In early 2016, I was asked by Steve Rose, Catalyst’s Chief Executive Officer, if I would be interested in joining the Committee of Norton Glebe Residents Association. They oversee the management of the Community Centre on the estate’s Hanover Parade.
I agreed to join but then thought, what did I really know about all of the Centre’s activities? At that point I’d lived there for 13 years and had only been into the Centre to cast my vote in three General Elections and various other democratic exercises! I’d never visited it for leisure purposes.
While driving past, I’d seen various children of all ages dashing eagerly through the doors, clutching cake, gifts and balloons for birthday parties. I’d also seen several women with exercise mats heading with determination towards the Centre for ladies’ keep fit. Finally, I’d tried in vain to avoid all the various prominent promotions (posters, tarpaulins) advertising Wednesday’s Slimming World sessions. Even though I knew I should consider them. I still haven’t done so!
So my first few evening Committee meetings were very much fact-finding exercises and getting to know my fellow members, none of whom I’ve met before. I was very pleased they were switched to daytimes as my concentration occasionally wobbled at 8.30pm on a Tuesday! I also found out, for the first time and to my surprise, that the Centre had been gifted as a community resource by the estate’s original builders.
After several months, Councillor Norma Wilburn asked if I would assume the vacant role of Chair. To be honest, I was a little overawed as I’d never taken such a role and was such a newcomer to the Committee. I aimed to give it my best and my first task was to highlight the Centre’s offerings to the local community by hosting a relaunch event.
Several people had asked me where the Centre was and what it did. The relaunch in June 2017 give an ideal opportunity to showcase its activities. The Committee worked very hard to stage the event, officially opened by the Mayor of Stockton. It was a pleasure to see so many people from the community come to visit and see the artistic contributions of children from Glebe Primary School, who had entered a whole school competition to show aspects of life in Norton. The winning entries are now permanently displayed in the Centre.
Several milestones have passed since then. In autumn 2017 the day-to-day management was taken over by Onsite, who successfully oversee several other community centres. This has been a really positive move, as Onsite’s services include not only caretaking but also the Facebook account. The Facebook page has another 100 followers and likes, with more positive posts going out daily.
There have been 33 party bookings since November 2017, totaling one party per weekend. Onsite hope to increase this to two parties per weekend.
In June, the Committee successfully applied for Lottery Awards for All Funding of nearly £10k to refurbish the Centre’s kitchen. The first major refurbishment of the kitchen was completed in July and will be a huge resource for all of the Centre’s users.
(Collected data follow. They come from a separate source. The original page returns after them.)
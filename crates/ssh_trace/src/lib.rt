//! The program `ssh_trace` as a library: it shows one packet, or plays a script of two ends and prints what they did.
//!
//! # What it promises
//!
//! - `packet_of`: what a text of hexadecimal digits shows of one packet in clear. The faults are tested in the order length, missing bytes,
//!   padding, bytes after. `NotHex` comes if the text is not pairs of such digits, and always if its length is odd.
//! - `EpochPair::play`, for every place of a run at which the pair stands: the items and bytes that it answers, after the earlier ones, are
//!   a run of the two ends on these events (`Plays`). The pair stands at the end of that run. If each tag passed only for a payload that
//!   the peer had sent under that number, the payloads that each side took are a prefix of those that the other sent. An ask has at least
//!   one byte.
#![tactic(auto)]

mod answer;
mod blame;
pub mod command_line;
mod decode;
mod deliver;
mod draw;
mod epoch_end;
mod epoch_pair;
mod epoch_player;
mod history;
mod play;
mod shown;
mod status;
mod transcript;

pub use answer::{report, version_to};
pub use decode::decode_to;
pub use draw::draw_to;
pub use epoch_pair::EpochPair;
pub use history::{Done, Event, Item, Memory, Transcript};
pub use play::{check_to, play_to, sweep_to};
pub use shown::{Shown, packet_of};
pub use status::Status;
And a huge goal was reached in July, when the Association achieved charitable status following an application to the Charity Commission. This will give the Association to apply for a range of grants in the future so its development can continue.
A lot has happened since early 2016 and I’ve had so much invaluable help and advice during this busy time, from my fellow Committee members, Councillors David and Norma Wilburn, my colleague James Hadman and Martin Landers and Lynn Paley from Onsite.
A major pleasure has been getting to know the committee members, hearing about their lives before retirement and their love of living on the Glebe. I particularly miss Maureen Watson, who sadly died last summer. Maureen worked as on the buses locally all her life, qualifying as a bus driver but choosing to stay as a clippy (for those younger readers, this role involved moving around the bus, taking payment for and issuing bus tickets). Maureen was one of the very first to move onto the estate in the early 1970s.
Maureen’s friend Pat Monkhouse has also become my friend. Pat has lived on the Estate for over 30 years and was a joineress at the former Hills Factory in Stockton. I always have a special place for Hills, as my late Grandad Albert Cavanagh worked for them until retirement. Hills made special accommodation for Grandad when he returned to Stockton, following over three years’ captivity as a POW in World War II.
So my initial apprehension about becoming Committee Chair was very misplaced. I’ve very much enjoyed taking part in the Centre’s development and partially overcome my dislike of public speaking, having had to do so twice, at the relaunch and our recent Annual General Meeting!